What to produce: For the material below, return exactly the lines starting at the line containing "fn put_shown_bytes(out: &mut" and ending at the line containing "word has to be.", both ends included, and no others.

=== Begin Enclosure ===

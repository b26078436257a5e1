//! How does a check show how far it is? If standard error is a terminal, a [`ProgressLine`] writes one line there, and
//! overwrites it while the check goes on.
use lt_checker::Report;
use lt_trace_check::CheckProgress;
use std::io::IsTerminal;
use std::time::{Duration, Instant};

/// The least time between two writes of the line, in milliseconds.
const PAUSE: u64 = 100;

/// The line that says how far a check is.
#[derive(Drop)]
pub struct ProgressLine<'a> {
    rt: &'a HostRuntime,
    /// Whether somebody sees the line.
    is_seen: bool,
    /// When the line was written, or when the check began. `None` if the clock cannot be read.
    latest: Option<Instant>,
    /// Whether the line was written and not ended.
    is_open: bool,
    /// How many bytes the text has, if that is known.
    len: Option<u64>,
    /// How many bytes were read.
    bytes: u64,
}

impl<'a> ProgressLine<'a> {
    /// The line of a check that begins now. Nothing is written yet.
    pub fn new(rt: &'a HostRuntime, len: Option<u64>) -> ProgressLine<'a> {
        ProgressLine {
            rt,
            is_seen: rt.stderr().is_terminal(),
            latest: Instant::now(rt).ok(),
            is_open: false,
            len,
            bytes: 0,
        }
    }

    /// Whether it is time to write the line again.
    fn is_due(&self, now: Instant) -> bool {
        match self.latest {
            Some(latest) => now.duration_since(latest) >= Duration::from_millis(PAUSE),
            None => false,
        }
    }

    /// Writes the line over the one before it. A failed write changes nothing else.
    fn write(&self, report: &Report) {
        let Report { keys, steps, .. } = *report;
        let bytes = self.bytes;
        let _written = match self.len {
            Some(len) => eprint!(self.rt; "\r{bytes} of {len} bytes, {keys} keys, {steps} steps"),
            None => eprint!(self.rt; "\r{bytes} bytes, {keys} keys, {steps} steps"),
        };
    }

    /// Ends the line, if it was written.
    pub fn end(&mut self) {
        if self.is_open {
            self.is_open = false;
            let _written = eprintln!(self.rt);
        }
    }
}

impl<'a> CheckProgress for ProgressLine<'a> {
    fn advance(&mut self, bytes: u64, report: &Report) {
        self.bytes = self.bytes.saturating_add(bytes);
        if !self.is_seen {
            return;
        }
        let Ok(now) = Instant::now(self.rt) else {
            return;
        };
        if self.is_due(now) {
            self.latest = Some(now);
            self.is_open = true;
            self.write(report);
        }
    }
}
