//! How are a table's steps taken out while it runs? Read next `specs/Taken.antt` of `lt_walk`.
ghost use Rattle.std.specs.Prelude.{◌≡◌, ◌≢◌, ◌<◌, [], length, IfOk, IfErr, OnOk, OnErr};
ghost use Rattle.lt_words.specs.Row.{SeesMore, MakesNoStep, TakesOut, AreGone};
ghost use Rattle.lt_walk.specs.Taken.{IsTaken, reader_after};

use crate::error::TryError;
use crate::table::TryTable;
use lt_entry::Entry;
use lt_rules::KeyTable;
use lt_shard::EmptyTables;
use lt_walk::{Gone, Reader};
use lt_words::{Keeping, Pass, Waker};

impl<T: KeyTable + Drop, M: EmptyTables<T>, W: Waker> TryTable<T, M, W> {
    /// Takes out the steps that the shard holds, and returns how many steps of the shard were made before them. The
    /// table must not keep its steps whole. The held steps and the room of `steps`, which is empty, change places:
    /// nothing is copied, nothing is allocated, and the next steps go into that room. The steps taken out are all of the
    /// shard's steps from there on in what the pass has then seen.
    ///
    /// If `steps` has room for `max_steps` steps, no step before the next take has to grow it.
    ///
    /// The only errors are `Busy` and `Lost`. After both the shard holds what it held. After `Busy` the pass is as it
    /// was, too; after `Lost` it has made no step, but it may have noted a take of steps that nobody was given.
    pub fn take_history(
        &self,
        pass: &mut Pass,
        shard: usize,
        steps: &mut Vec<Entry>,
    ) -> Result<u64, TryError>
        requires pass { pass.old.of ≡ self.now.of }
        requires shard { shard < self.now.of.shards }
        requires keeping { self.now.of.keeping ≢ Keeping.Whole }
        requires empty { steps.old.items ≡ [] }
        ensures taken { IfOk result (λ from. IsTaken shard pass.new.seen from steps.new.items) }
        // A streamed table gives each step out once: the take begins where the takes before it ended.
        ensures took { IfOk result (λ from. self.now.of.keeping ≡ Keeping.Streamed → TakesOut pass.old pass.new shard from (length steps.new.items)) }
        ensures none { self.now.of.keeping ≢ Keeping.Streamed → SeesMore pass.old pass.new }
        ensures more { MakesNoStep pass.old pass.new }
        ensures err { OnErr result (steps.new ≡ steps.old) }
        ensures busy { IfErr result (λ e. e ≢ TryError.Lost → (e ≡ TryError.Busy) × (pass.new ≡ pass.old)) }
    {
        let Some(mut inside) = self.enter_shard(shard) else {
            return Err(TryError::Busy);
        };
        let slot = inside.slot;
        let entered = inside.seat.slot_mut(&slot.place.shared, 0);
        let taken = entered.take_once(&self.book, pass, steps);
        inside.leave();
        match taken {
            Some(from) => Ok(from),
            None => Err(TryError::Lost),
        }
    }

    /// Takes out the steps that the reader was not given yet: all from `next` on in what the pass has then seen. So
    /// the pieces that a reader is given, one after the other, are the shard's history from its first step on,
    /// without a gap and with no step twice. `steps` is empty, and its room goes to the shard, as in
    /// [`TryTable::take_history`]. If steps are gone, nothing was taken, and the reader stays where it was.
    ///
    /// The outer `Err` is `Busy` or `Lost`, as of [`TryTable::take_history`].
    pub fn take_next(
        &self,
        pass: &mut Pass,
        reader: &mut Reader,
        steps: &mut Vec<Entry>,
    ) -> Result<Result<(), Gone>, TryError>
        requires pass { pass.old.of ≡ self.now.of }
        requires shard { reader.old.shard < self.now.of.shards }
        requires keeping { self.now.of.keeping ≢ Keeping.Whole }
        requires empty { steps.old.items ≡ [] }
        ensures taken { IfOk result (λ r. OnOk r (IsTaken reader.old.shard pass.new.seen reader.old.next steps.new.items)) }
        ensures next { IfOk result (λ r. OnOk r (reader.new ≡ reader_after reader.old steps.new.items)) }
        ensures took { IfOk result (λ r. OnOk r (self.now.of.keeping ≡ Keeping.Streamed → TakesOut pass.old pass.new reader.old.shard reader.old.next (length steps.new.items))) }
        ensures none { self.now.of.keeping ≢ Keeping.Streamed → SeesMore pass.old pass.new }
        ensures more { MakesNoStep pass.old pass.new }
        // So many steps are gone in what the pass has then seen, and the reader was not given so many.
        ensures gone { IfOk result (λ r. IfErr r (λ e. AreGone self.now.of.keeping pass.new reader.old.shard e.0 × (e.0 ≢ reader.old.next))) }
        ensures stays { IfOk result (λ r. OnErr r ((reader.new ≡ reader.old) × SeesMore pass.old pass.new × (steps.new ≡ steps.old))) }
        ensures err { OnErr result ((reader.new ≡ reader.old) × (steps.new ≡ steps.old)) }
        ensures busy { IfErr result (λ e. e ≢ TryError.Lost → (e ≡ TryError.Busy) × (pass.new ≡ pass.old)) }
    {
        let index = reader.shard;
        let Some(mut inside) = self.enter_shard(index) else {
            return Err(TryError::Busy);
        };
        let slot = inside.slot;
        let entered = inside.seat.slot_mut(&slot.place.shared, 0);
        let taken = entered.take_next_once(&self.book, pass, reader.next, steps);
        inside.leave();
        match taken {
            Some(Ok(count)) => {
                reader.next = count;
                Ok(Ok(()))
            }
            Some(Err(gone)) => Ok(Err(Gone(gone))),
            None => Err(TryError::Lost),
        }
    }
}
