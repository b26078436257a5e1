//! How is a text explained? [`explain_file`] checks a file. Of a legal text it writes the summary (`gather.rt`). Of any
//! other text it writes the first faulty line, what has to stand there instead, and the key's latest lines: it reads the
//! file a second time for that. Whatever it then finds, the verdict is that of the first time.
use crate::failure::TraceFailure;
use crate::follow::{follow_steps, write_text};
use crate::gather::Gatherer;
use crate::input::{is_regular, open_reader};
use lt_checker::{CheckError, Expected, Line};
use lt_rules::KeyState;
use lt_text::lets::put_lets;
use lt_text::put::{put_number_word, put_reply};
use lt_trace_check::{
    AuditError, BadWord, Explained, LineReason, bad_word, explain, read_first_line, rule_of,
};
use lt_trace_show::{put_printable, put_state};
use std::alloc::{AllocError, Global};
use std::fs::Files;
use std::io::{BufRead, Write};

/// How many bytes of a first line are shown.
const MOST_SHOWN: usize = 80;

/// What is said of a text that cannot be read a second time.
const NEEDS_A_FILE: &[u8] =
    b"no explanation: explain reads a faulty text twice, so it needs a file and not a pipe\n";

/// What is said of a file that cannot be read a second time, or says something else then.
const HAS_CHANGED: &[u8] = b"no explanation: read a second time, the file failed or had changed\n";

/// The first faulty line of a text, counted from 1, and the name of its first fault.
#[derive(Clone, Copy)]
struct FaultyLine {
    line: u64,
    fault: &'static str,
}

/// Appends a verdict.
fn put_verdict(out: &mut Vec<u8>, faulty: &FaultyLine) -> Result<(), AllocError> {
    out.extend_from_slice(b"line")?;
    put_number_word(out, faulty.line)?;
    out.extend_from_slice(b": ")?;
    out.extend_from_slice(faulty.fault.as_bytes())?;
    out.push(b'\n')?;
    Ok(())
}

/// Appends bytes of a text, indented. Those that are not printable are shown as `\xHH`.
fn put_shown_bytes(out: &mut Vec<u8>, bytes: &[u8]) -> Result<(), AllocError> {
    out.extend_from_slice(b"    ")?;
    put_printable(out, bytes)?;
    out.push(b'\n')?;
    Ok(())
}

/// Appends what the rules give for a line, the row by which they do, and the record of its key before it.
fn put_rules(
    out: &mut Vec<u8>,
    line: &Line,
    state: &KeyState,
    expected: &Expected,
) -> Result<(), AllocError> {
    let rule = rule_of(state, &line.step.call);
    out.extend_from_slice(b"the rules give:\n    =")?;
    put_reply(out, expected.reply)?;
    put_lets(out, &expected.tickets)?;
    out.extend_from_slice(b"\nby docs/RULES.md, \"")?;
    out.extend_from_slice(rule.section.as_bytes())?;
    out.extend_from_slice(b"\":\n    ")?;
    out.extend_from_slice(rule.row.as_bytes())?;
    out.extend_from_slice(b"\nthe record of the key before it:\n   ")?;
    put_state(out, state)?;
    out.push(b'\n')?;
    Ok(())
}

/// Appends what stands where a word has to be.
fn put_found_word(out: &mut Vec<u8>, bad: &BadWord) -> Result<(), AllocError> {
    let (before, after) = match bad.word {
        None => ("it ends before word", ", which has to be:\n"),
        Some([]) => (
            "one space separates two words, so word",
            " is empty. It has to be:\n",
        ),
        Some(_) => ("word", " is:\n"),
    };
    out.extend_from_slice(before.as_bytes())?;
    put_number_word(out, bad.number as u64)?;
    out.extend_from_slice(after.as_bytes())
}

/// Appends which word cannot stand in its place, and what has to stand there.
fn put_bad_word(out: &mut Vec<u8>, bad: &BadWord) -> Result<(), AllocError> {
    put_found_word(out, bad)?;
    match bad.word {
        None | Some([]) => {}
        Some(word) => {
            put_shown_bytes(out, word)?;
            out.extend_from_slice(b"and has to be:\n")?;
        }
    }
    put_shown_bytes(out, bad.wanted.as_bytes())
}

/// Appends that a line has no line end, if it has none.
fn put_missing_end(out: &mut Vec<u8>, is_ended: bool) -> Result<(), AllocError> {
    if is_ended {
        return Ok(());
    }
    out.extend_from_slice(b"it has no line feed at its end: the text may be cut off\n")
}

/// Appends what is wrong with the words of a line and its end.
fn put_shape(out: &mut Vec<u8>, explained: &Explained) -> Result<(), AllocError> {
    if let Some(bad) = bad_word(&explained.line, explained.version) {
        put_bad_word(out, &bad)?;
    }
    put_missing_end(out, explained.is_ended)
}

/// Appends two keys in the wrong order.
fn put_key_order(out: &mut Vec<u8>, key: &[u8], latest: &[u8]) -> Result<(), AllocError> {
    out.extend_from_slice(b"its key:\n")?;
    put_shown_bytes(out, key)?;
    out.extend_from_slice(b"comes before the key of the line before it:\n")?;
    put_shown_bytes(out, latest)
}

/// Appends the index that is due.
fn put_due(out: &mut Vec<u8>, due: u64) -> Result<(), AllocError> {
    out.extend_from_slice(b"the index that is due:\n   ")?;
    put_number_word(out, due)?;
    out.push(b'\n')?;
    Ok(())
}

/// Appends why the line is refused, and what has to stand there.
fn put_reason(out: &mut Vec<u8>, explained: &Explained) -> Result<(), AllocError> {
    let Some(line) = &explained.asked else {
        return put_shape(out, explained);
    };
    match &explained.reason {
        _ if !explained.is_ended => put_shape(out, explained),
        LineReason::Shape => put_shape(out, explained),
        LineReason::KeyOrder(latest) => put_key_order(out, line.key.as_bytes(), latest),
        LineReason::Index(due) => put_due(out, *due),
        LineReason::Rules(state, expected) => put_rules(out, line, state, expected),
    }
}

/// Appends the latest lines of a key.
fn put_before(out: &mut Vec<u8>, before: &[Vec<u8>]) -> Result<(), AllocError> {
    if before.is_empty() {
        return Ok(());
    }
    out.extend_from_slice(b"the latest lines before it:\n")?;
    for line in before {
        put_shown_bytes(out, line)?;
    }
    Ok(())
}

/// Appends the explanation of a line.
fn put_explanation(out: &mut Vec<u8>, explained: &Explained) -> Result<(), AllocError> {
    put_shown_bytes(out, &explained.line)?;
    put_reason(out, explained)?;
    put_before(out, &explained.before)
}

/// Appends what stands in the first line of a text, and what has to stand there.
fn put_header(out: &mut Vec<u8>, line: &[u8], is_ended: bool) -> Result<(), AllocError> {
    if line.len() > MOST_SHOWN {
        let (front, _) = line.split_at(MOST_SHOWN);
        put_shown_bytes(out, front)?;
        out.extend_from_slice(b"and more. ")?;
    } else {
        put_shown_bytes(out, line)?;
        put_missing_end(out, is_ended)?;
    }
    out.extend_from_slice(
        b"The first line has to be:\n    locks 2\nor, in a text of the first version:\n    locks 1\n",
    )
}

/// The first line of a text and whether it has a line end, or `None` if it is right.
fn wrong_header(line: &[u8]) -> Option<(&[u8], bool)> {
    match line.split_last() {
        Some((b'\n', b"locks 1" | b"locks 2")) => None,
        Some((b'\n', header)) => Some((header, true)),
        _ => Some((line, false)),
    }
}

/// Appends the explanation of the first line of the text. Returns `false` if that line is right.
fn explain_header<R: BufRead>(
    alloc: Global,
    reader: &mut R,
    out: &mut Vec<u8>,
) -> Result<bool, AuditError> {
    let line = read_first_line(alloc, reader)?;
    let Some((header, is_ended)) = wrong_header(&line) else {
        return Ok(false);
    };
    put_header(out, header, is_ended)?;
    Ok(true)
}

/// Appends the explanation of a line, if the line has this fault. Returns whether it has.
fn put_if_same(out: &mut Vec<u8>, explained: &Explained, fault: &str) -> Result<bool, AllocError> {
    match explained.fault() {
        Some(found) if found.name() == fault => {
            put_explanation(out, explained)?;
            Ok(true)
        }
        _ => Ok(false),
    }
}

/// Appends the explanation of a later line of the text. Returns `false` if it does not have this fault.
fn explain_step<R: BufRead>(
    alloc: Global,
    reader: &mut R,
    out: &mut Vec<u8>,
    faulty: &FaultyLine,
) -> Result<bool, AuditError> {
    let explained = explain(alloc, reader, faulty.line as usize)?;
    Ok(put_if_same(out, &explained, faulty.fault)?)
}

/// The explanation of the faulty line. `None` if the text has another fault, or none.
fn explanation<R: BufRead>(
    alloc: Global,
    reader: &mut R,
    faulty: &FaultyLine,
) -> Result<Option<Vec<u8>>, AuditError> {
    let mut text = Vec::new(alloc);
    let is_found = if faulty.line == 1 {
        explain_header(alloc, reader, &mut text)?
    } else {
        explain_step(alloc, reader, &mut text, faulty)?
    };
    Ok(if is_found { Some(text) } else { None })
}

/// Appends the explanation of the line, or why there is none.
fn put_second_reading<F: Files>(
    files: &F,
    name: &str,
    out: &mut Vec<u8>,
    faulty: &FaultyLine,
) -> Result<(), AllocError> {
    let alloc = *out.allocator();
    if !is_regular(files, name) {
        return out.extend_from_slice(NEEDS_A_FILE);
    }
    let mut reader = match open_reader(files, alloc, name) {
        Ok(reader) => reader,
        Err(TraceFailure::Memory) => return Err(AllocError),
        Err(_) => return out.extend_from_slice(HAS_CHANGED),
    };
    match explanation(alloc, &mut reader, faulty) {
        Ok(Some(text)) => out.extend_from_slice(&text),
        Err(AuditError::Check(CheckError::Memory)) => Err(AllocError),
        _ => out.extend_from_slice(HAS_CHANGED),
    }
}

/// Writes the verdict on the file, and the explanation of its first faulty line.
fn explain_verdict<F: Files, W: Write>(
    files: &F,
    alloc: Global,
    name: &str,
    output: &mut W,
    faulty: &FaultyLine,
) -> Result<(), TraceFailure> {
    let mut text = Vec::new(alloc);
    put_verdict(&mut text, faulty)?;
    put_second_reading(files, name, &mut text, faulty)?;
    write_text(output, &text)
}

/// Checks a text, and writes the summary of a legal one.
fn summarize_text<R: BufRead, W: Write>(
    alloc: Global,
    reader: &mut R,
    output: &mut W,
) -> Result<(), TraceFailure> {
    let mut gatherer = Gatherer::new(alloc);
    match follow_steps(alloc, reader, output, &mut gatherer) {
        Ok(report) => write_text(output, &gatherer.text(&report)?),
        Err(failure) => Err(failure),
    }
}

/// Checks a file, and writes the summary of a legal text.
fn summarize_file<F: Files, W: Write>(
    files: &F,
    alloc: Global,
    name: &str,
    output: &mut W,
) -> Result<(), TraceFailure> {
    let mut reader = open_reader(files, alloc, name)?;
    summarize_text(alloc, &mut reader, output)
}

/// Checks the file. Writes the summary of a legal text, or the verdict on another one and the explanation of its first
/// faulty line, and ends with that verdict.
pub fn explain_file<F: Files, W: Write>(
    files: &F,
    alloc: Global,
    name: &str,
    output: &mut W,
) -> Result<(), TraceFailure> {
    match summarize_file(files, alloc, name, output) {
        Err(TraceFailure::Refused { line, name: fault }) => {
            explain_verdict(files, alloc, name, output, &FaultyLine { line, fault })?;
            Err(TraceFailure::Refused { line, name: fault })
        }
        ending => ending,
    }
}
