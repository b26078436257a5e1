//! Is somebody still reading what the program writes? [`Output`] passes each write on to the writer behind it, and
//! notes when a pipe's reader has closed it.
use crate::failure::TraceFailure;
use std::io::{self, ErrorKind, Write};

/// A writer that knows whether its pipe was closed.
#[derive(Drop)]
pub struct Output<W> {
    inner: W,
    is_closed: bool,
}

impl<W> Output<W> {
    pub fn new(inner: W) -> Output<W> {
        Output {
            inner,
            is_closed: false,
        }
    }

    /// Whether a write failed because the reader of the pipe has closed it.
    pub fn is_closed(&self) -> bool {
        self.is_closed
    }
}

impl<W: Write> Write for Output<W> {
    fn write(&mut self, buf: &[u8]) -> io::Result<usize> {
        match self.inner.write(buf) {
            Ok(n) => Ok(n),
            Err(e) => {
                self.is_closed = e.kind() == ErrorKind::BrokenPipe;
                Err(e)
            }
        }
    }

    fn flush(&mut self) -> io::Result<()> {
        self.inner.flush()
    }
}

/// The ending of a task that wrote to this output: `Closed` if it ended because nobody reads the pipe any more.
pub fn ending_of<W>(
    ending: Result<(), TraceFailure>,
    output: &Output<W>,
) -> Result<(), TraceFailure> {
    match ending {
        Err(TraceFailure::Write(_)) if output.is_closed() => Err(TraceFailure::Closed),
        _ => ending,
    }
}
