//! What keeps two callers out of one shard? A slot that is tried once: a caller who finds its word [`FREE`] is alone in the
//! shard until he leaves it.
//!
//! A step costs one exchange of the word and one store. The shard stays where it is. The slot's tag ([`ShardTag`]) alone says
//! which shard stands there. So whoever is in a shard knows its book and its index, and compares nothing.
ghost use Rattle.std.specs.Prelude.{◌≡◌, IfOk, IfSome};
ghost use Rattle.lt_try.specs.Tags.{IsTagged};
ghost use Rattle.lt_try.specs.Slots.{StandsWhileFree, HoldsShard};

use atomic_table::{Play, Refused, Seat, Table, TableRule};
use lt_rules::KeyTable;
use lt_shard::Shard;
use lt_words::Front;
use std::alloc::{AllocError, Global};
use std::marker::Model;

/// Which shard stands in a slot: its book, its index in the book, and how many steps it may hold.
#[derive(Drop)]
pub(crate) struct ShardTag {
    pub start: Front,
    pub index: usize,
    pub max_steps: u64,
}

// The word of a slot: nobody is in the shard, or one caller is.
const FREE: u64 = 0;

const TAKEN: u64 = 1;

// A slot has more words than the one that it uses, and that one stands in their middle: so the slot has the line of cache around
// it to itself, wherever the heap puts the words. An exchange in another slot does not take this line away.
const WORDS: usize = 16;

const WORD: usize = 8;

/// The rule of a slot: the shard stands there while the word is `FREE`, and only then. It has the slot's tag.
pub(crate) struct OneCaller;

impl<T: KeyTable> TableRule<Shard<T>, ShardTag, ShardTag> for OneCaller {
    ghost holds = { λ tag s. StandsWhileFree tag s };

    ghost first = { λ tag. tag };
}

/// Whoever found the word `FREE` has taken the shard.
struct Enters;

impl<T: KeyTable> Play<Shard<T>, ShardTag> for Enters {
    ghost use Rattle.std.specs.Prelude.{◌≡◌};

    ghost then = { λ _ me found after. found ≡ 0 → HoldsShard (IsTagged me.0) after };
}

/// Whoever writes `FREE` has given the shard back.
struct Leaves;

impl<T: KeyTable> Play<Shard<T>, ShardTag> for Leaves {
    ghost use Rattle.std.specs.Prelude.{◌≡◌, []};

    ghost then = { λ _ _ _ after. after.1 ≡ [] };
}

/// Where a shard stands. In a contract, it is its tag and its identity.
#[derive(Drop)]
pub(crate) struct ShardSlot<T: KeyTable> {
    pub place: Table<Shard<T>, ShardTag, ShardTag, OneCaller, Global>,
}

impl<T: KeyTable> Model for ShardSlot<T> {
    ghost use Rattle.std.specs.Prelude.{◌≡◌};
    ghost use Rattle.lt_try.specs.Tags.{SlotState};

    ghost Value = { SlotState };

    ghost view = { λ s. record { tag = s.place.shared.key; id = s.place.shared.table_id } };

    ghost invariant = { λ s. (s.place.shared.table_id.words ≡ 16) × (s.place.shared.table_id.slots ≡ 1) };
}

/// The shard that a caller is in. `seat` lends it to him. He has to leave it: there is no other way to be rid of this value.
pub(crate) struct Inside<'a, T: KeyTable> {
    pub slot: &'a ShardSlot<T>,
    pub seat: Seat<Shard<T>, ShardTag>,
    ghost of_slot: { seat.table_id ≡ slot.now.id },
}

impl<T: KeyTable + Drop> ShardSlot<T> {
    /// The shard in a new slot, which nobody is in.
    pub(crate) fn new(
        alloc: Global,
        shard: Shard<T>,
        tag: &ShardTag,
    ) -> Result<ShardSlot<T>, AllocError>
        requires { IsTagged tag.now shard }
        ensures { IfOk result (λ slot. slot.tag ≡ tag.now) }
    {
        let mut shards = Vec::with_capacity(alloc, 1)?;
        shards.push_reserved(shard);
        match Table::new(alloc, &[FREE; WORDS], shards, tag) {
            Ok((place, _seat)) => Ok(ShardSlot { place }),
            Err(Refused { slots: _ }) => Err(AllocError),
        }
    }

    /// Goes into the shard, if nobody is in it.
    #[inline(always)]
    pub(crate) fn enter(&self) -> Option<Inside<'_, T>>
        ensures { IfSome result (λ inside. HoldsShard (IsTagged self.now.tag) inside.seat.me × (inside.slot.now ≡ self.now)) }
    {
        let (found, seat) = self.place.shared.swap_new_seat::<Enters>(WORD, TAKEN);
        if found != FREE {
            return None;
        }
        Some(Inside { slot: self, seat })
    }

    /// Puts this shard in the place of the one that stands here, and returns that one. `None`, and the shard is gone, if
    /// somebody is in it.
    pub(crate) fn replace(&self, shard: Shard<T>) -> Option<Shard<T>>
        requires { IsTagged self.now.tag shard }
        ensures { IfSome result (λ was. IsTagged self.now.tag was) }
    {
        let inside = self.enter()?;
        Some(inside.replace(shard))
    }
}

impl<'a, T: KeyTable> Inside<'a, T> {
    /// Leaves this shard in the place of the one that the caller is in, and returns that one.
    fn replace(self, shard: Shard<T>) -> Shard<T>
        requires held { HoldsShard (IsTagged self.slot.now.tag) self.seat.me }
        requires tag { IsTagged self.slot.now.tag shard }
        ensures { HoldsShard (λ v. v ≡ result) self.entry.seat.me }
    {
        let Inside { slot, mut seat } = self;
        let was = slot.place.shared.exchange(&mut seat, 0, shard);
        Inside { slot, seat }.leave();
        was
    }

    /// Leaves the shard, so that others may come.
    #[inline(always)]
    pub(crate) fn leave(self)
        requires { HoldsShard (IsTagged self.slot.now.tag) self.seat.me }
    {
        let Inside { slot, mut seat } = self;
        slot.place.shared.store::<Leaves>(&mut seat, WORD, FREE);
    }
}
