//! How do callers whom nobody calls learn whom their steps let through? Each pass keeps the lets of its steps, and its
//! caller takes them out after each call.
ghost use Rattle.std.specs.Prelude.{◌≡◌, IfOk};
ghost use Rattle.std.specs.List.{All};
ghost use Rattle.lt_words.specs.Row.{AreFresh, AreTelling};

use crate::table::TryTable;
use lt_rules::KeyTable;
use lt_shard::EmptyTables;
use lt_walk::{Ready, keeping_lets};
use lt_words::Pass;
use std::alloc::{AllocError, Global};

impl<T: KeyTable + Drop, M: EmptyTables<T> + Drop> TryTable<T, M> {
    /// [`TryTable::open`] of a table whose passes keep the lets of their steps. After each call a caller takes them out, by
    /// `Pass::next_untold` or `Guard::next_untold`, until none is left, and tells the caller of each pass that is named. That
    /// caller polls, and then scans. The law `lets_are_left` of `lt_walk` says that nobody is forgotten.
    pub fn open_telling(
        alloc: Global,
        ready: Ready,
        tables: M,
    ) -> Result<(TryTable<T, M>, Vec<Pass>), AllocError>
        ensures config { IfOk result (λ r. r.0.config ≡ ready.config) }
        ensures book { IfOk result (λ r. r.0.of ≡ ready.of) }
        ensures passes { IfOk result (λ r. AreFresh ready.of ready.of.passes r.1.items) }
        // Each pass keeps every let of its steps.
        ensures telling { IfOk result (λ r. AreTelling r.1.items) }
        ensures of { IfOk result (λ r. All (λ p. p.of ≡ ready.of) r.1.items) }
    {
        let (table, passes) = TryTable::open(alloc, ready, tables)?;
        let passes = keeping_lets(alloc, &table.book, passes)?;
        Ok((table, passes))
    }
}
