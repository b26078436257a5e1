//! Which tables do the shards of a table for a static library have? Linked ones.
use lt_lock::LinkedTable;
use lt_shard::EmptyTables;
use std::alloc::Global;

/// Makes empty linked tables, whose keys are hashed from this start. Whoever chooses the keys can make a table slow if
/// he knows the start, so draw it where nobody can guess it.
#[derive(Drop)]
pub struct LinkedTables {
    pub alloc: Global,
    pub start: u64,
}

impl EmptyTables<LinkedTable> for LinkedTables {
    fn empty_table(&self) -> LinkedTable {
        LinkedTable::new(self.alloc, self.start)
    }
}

=== End Enclosure ===

Answer to this task:
fn put_shown_bytes(out: &mut Vec<u8>, bytes: &[u8]) -> Result<(), AllocError> {
    out.extend_from_slice(b"    ")?;
    put_printable(out, bytes)?;
    out.push(b'\n')?;
    Ok(())
}

/// Appends what the rules give for a line, the row by which they do, and the record of its key before it.
fn put_rules(
    out: &mut Vec<u8>,
    line: &Line,
    state: &KeyState,
    expected: &Expected,
) -> Result<(), AllocError> {
    let rule = rule_of(state, &line.step.call);
    out.extend_from_slice(b"the rules give:\n    =")?;
    put_reply(out, expected.reply)?;
    put_lets(out, &expected.tickets)?;
    out.extend_from_slice(b"\nby docs/RULES.md, \"")?;
    out.extend_from_slice(rule.section.as_bytes())?;
    out.extend_from_slice(b"\":\n    ")?;
    out.extend_from_slice(rule.row.as_bytes())?;
    out.extend_from_slice(b"\nthe record of the key before it:\n   ")?;
    put_state(out, state)?;
    out.push(b'\n')?;
    Ok(())
}

/// Appends what stands where a word has to be.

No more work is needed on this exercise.